プレジデントは、1965年から2010年まで製造・販売されていた日産のフラッグシップラグジュアリーセダンです。法人向けハイヤーや公用車・社用車としてのショーファードリブンとして使用されていました。「大統領」「社長」を意味する「プレジデント」という車名には、日本の政治や経済を動かすような大物に乗ってほしいという想いが込められています。
室内長は当時のアメリカのリンカーンを超える1,940mmで、大物を乗せるに相応しいゆとりがありました。熱線吸収ガラス採用のフロントウィンドウや曇り防止ために電熱線が入ったリアウィンドウ、快適に過ごすためにクーラーやリアシート専用ヒーターなど、先端技術も数多く詰め込まれており、申し分ない豪華なセダンです。また、国産乗用車で初めてパワーステアリングを採用したモデルとしても知られています。
初代の150型に搭載されていたエンジンはY40型 4.0L V型8気筒 OHVとH30型 直列 3.0L 6気筒 OHVの2種類です。4種類展開されていたグレードのうち、D仕様とC仕様にはY40型、B仕様とA仕様にはH30型が搭載されていました。V型8気筒エンジンは当時の国産乗用車のなかでは最大サイズのエンジンでした。最高出力は180馬力とそこそこではありますが、最大トルクは2,800rpmから発生するという力強さを誇ります。
サスペンションは、高級車らしくフロントがダブルウィッシュボーン式で、リアがリーフ式です。水平基調のデザインは、もともとセドリック用に考案されていたものでしたが、ピニンファリーナのデザインに差し替えられたためにプレジデントに転用されました。トランスミッションは3速コラムATです。運転席と助手席の間のシフトレバーがないため、より広々とした室内空間が実現しました。

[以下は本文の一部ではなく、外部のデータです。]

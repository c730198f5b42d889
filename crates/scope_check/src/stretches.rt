//! Stretches of forms that are gone through in the order of the list.
ghost use Rattle.std.specs.Prelude.{◌≡◌, ◌+◌, ◌<◌, ◌^◌, false, length, IfOk, IfErr, OnOk};
ghost use Rattle.scope_check.specs.Forms.{has_lets};
ghost use Rattle.scope_check.specs.Progress.{HasText, HaveTexts, IsFaultOf, met_of, seen_of};
ghost use Rattle.scope_check.specs.Scope.{head_met};
ghost use Rattle.scope_check.specs.Stretches.{ArePlain, ArePlainFrom, IsHeadAdded, IsStretchFault, IsStretchMade, plain};

use crate::fault::ScopeFault;
use crate::plan::Plan;
use crate::progress::Progress;
use stab_code::Head as Code;
use stab_parse::{FormNode, Head};
use std::alloc::Global;

/// Whether a form is plain: no block with lets, call, spawn or stable, and a text or variable only without parts. Its head is then
/// the same before and after its parts.
fn is_plain(form: &FormNode) -> bool
    ensures { result ≡ plain form.now }
{
    match &form.head {
        Head::Text(_) => form.parts == 0,
        Head::Variable(_) => form.parts == 0,
        Head::LetBlock(_) => false,
        Head::Call(_) => false,
        Head::Start(_, _) => false,
        _ => true,
    }
}

/// For each form the least number from which on all forms up to it and with it are plain, which is the next one's where it
/// isn't plain itself.
pub(crate) fn plain_from(alloc: Global, forms: &[FormNode]) -> Result<Vec<u32>, ScopeFault>
    requires { length forms.now < 2 ^ 32 }
    ensures length { IfOk result (λ numbers. length numbers.items ≡ length forms.now) }
    ensures numbers { IfOk result (λ numbers. ArePlainFrom forms.now numbers.items) }
    ensures fault { IfErr result (λ fault. fault ≡ ScopeFault.NoMemory) }
{
    let mut numbers = Vec::with_capacity(alloc, forms.len())?;
    let mut first = 0;
    for (i, form) in forms.iter().enumerate() {
        if !is_plain(form) {
            first = i as u32 + 1;
        }
        numbers.push(first)?;
    }
    Ok(numbers)
}

impl<'a> Plan<'a> {
    /// Makes the head of a block without lets after those that were made.
    #[inline(never)]
    fn add_block(&self, progress: &mut Progress, form: &FormNode) -> Result<(), ScopeFault>
        requires { form.now.head ≡ Head.Block }
        ensures ok { OnOk result (IsHeadAdded self.now.bytes.now self.now.functions.now form.now progress.old progress.new) }
        ensures fault { IfErr result (λ fault. fault ≡ ScopeFault.NoMemory) }
    {
        let slots = self.no_slots(progress, form.parts)?;
        progress.heads.push(Code::Block(slots))?;
        Ok(())
    }

    /// Makes the head of a form that isn't a block with lets after those that were made.
    #[inline(always)]
    fn add(&self, progress: &mut Progress, form: &FormNode) -> Result<(), ScopeFault>
        requires text { HasText self.now.bytes.now form.now.head }
        requires other { has_lets form.now.head ≡ false }
        ensures ok { OnOk result (IsHeadAdded self.now.bytes.now self.now.functions.now form.now progress.old progress.new) }
        ensures fault { IfErr result (IsFaultOf (head_met self.now.bytes.now self.now.functions.now (seen_of progress.old)
            (met_of progress.old) form.now.head form.now.parts)) }
    {
        if let Head::Block = &form.head {
            return self.add_block(progress, form);
        }
        let head = self.head(progress, form)?;
        progress.heads.push(head)?;
        Ok(())
    }

    /// Makes the heads of the forms up to one and with it, after those that were made. All of them are plain.
    #[inline(never)]
    pub(crate) fn stretch(&self, progress: &mut Progress, at: usize) -> Result<(), ScopeFault>
        requires texts { HaveTexts self.now.bytes.now self.now.forms.now }
        requires there { at < length self.now.forms.now }
        requires plain { ArePlain self.now.forms.now (length progress.old.heads.items) (at + 1) }
        ensures ok { OnOk result (IsStretchMade self.now.bytes.now self.now.functions.now self.now.forms.now (at + 1) progress.old progress.new) }
        ensures seen { OnOk result (progress.new.seen.items ≡ progress.old.seen.items) }
        ensures fault { IfErr result (IsStretchFault self.now.bytes.now self.now.functions.now self.now.forms.now (at + 1) progress.old) }
    {
        for i in progress.heads.len()..at + 1 {
            self.add(progress, &self.forms[i])?;
        }
        Ok(())
    }
}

1973年にはビッグマイナーチェンジが実施され、2代目の250型へと移行します。プラットフォームは初代と同じですが、フロントマスクやリアエンドのデザインが変更されたほか、リアオーバーハングが延長されてトランクスペースが広くなりました。
エンジンに関しては、Y40型がY44型 4.4L V型8気筒 OHVに変更され、H30型 直列 3.0L 6気筒 OHVは初代から継続。1975年のマイナーチェンジで、昭和50年排ガス規制に適合させるためにEGI(電子燃料噴射)化したY44E型エンジンに一本化されました。
1990年には、3代目であるJG50型が登場します。前年に発売されたインフィニティQ45(G50型)をベースに製造されたモデルです。インフィニティよりも150mmロングホイールベースが長く設定され、ゆとりある車内空間を実現させました。エンジンもインフィニティと同じVH45DE型 4.5L V型8気筒 DOHCが採用されましたが、公用車としてのニーズが考慮されて若干大人しめの性質となっています。
発売当初は油圧アクティブサスペンションを装着したベースグレードのみが展開されていましたが、1992年にはバネ式のマルチサスペンションを採用したモデルが追加されました。また、同時期にインフィニティQ45と同じホイールベースのプレジデントJSが登場したことも大きなトピックです。
2001年には、F50型シーマとプラットフォームを共用する4代目のPGF50型が登場。基本デザインもほとんどシーマと同じですが、フロントグリルやバンパー、ナンバープレートの位置など一部異なります。随所にメッキが使用され、プレジデントの名前に相応しい高級感溢れるモデルに仕上がっています。また、全長5,060mmとシーマよりも55mm長く設定され、差別化が図られました。
エンジンもシーマと同じVK45DE型 4.5L V型8気筒 DOHCを搭載しています。最高出力280馬力を誇るパワフルなエンジンですが、プレジデントにおいては静粛性を高めるために遮音材を多く使用し、快適な乗車体験をユーザーに届けました。